Ketua Kwarda Gerakan Pramuka Maluku Utara, H. Muhammad Abusama, dalam arahannya kepada peserta Rakerda menjelaskan bahwa sejumlah agenda pembahasan telah dimulai sebelum pembukaan resmi kegiatan. Menurutnya, langkah tersebut dilakukan untuk menyesuaikan jadwal kehadiran pemerintah daerah yang dijadwalkan membuka Rakerda.

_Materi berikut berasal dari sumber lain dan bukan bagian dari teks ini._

//! What a call is about to make of the selection.
ghost use Rattle.std.specs.Prelude.{◌≡◌, ◌<◌, ◌*◌, ℕ, IfSome, is_some, length, true};
ghost use Rattle.list_cells.specs.Blocks.{content_at, clicked, clicked_cell};
ghost use Rattle.list_cells.specs.Grids.{Grid, is_cell};
ghost use Rattle.list_cells.specs.Selections.{alone, beside_others, is_selected_after, content_after, chosen_cell};
ghost use Rattle.list_cells.specs.Selections.{is_toggled, IsSelecting, IsChange, AreToggled};

use crate::block::{Block, smallest_block};
use crate::cell::Cell;
use crate::click::{Click, ClickKeys, SelectionFlags};
use crate::content::CellContent;
use crate::list::ListCells;

/// What a call is about to make of the selection: the cells of a block are all selected or all deselected, and the others
/// stay what they are or are deselected. It is of the list that gave it, as that was then.
#[derive(Clone, Copy)]
pub struct Selecting {
    block: Block,
    selected: bool,
    keeps_others: bool,
}

impl Selecting {
    /// The cells of a block are selected, and no others.
    fn alone(block: Block) -> Selecting
        ensures { result ≡ alone block }
    {
        Selecting {
            block,
            selected: true,
            keeps_others: false,
        }
    }

    /// The cells of a block are selected or deselected, and the others stay what they are.
    fn beside_others(block: Block, selected: bool) -> Selecting
        ensures { result ≡ beside_others block selected }
    {
        Selecting {
            block,
            selected,
            keeps_others: true,
        }
    }

    /// Whether the cell at a place is selected afterwards, where `was` says whether it is before.
    fn selects(self, columns: usize, place: usize, was: bool) -> bool
        requires { 0 < columns }
        ensures { result ≡ is_selected_after columns self place was }
    {
        if self.block.holds(columns, place) {
            self.selected
        } else {
            self.keeps_others && was
        }
    }
}

/// Selects and deselects cells in so many columns as was said.
pub(crate) fn select_cells(contents: &mut [CellContent], columns: usize, selecting: Selecting)
    requires { 0 < columns }
    ensures { (place : ℕ) → place < length contents.old
        → content_at contents.new place ≡ content_after columns selecting place (content_at contents.old place) }
{
    for place in 0..contents.len() {
        let content = &mut contents[place];
        let was = content.is_selected();
        content.select(selecting.selects(columns, place, was));
    }
}

impl ListCells {
    /// What `select` is about to make of the selection, where the list has the cell.
    pub fn choosing(&self, cell: Cell, selected: bool, alone: bool) -> Option<Selecting>
        ensures found { is_some result ≡ is_cell self.now cell }
        ensures after { IfSome result (λ s. IsSelecting self.now (chosen_cell cell selected alone self.now) s) }
    {
        let Ok(place) = self.place(cell) else {
            return None;
        };
        let block = Block::at(self.columns, place);
        Some(if selected && alone {
            Selecting::alone(block)
        } else {
            Selecting::beside_others(block, selected)
        })
    }

    /// What `click` is about to make of the selection, where the list has the cell.
    pub fn clicking(&self, cell: Cell, flags: SelectionFlags, keys: ClickKeys) -> Option<Selecting>
        ensures found { is_some result ≡ is_cell self.now cell }
        ensures after { IfSome result (λ s. IsSelecting self.now (clicked_cell flags keys cell self.now) s) }
    {
        let Ok(place) = self.place(cell) else {
            return None;
        };
        let selected = self.contents[place].is_selected();
        Some(self.clicking_at(flags.click(keys, selected), place))
    }

    /// What a click of a kind makes of the selection, at the cell of a place.
    #[tactic(auto, unfolding(crate::specs::Blocks::clicked))]
    fn clicking_at(&self, click: Click, place: usize) -> Selecting
        requires { place < self.now.rows * self.now.columns }
        ensures { IsSelecting self.now
            (record self.now { contents = clicked click self.now.columns place self.now.contents }) result }
    {
        let cell = Block::at(self.columns, place);
        match click {
            Click::SelectsAlone => Selecting::alone(cell),
            Click::Toggles => {
                let selected = self.contents[place].is_selected();
                Selecting::beside_others(cell, !selected)
            }
            Click::Deselects => Selecting::beside_others(cell, false),
            Click::Extends => Selecting::alone(smallest_block(&self.contents, self.columns, place)),
        }
    }

    /// Whether a call that is about to make this of the selection toggles a cell: selects it where it is not selected, or
    /// deselects it where it is. The cells have to be those before that call.
    pub fn is_toggled(&self, cell: Cell, selecting: Selecting) -> bool
        requires { is_cell self.now cell ≡ true }
        ensures { (after : Grid) → IsSelecting self.now after selecting → result ≡ is_toggled self.now after cell }
    {
        let place = self.place(cell).unwrap();
        let was = self.contents[place].is_selected();
        selecting.selects(self.columns, place, was) != was
    }

    /// Whether a call that is about to make this of the selection toggles some cell. The cells have to be those before that call.
    pub fn changes_by(&self, selecting: Selecting) -> bool
        ensures { (after : Grid) → IsSelecting self.now after selecting → IsChange result self.now after }
    {
        self.columns > 0 && are_toggled(&self.contents, self.columns, selecting)
    }
}

/// Whether some of these cells in so many columns are toggled.
fn are_toggled(contents: &[CellContent], columns: usize, selecting: Selecting) -> bool
    requires { 0 < columns }
    ensures { AreToggled result columns selecting contents.now }
{
    for place in 0..contents.len() {
        let was = contents[place].is_selected();
        if selecting.selects(columns, place, was) != was {
            return true;
        }
    }
    false
}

Dalam kesempatan itu, Ka Ama, sapaan akrab H. Muhammad Abusama, menegaskan pentingnya program digitalisasi Pramuka yang menjadi salah satu fokus utama pembahasan Rakerda tahun ini. Menurutnya, digitalisasi akan memudahkan akses data dan informasi kepramukaan sekaligus mempercepat proses pelaporan dan penginputan data dari daerah ke tingkat nasional. Ia berharap setiap Kwarcab yang telah menunjuk Person in Charge (PIC) dapat berperan aktif dalam mempercepat implementasi sistem digital tersebut di Maluku Utara.

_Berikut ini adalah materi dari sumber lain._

//! Rows and columns that are put in and taken out.
ghost use Rattle.std.specs.Prelude.{◌≡◌, IfOk, IfErr, is_ok, nat_abs, None, Some, if◌then◌else◌};
ghost use Rattle.tb_geom.specs.Refusals.{first_refusal};
ghost use Rattle.list_cells.specs.Runs.{add_refusals, delete_refusals, place_to_add, count_to_delete, told};
ghost use Rattle.list_cells.specs.Grids.{rows_added, rows_deleted, columns_added, columns_deleted};

use crate::content::{close_rows, open_rows, pass_closed, pass_opened};
use crate::list::ListCells;
use crate::runs::Run;
use tb_geom::Refusal;

impl ListCells {
    /// Adds empty rows before the row `before`, or behind all where there is none of that number, and answers which is the
    /// first of them (LAddRow). NoSuchCell where `before` is below 0, OutOfRange where `count` is not in 1..=4096, TooMany where
    /// there would be more than 4096 rows or cells, NoMemory where there is no memory for them.
    pub fn add_rows(&mut self, count: i32, before: i32) -> Result<usize, Refusal>
        ensures first { IfOk result (λ first. first ≡ place_to_add self.old.rows before) }
        ensures cells { self.new ≡ (if is_ok result
            then rows_added (place_to_add self.old.rows before) (nat_abs count) self.old else self.old) }
        ensures allowed { IfOk result (λ _.
            first_refusal (add_refusals self.old.rows self.old.columns count before) ≡ None) }
        ensures refused { IfErr result (λ e.
            e ≡ told (add_refusals self.old.rows self.old.columns count before)) }
    {
        let run = Run::to_add(self.rows, self.columns, count, before)?;
        let cells = run.count * self.columns;
        self.contents.reserve(cells)?;
        let all = self.contents.len();
        let at = run.at * self.columns;
        pass_opened(&mut self.contents, self.alloc, all, at, cells);
        self.rows += run.count;
        Ok(run.at)
    }

    /// Deletes rows from the row `first` on (LDelRow); a count that reaches past the last row deletes to the end. NoSuchCell
    /// where there is no row `first`, OutOfRange where `count` is not in 1..=4096.
    pub fn delete_rows(&mut self, count: i32, first: i32) -> Result<(), Refusal>
        ensures cells { self.new ≡ (if is_ok result
            then rows_deleted (nat_abs first) (count_to_delete self.old.rows count first) self.old else self.old) }
        ensures allowed { IfOk result (λ _. first_refusal (delete_refusals self.old.rows count first) ≡ None) }
        ensures refused { IfErr result (λ e. first_refusal (delete_refusals self.old.rows count first) ≡ Some e) }
    {
        let run = Run::to_delete(self.rows, count, first)?;
        let all = self.contents.len();
        let at = run.at * self.columns;
        let cells = run.count * self.columns;
        pass_closed(&mut self.contents, all, at, cells);
        self.rows -= run.count;
        Ok(())
    }

    /// Adds empty columns before the column `before`, or behind all where there is none of that number, and answers which is
    /// the first of them (LAddColumn). It is refused as `add_rows` is.
    pub fn add_columns(&mut self, count: i32, before: i32) -> Result<usize, Refusal>
        ensures first { IfOk result (λ first. first ≡ place_to_add self.old.columns before) }
        ensures cells { self.new ≡ (if is_ok result
            then columns_added (place_to_add self.old.columns before) (nat_abs count) self.old else self.old) }
        ensures allowed { IfOk result (λ _.
            first_refusal (add_refusals self.old.columns self.old.rows count before) ≡ None) }
        ensures refused { IfErr result (λ e.
            e ≡ told (add_refusals self.old.columns self.old.rows count before)) }
    {
        let run = Run::to_add(self.columns, self.rows, count, before)?;
        self.contents.reserve(self.rows * run.count)?;
        open_rows(
            &mut self.contents,
            self.alloc,
            self.rows,
            self.columns,
            run.at,
            run.count,
        );
        self.columns += run.count;
        Ok(run.at)
    }

    /// Deletes columns from the column `first` on (LDelColumn); a count that reaches past the last column deletes to the end.
    /// It is refused as `delete_rows` is.
    pub fn delete_columns(&mut self, count: i32, first: i32) -> Result<(), Refusal>
        ensures cells { self.new ≡ (if is_ok result
            then columns_deleted (nat_abs first) (count_to_delete self.old.columns count first) self.old
            else self.old) }
        ensures allowed { IfOk result (λ _. first_refusal (delete_refusals self.old.columns count first) ≡ None) }
        ensures refused { IfErr result (λ e. first_refusal (delete_refusals self.old.columns count first) ≡ Some e) }
    {
        let run = Run::to_delete(self.columns, count, first)?;
        close_rows(
            &mut self.contents,
            self.rows,
            self.columns,
            run.at,
            run.count,
        );
        self.columns -= run.count;
        Ok(())
    }
}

"Saya berharap dengan kehadiran PIC dari masing-masing kwarcab akan dapat mempercepat digitalisasi Pramuka di Maluku Utara" ujar Ka Ama di hadapan peserta Rakerda.

Selain membahas digitalisasi, Rakerda juga menjadi forum evaluasi terhadap berbagai program yang telah dijalankan selama satu tahun terakhir. Para peserta turut membahas rencana program kerja ke depan dengan tetap menyesuaikan kondisi efisiensi anggaran, tanpa mengurangi kegiatan pembinaan kepramukaan yang menjadi program rutin organisasi.

Persiapan menghadapi Jambore Nasional (Jamnas) juga menjadi salah satu agenda strategis dalam Rakerda kali ini. Pembahasan difokuskan pada penyamaan persepsi seluruh Kwarcab terkait proses persiapan, keberangkatan, pelaksanaan hingga pemulangan peserta Jamnas. Langkah tersebut dilakukan untuk memastikan seluruh tahapan berjalan transparan, terkoordinasi, dan sesuai dengan ketentuan yang berlaku.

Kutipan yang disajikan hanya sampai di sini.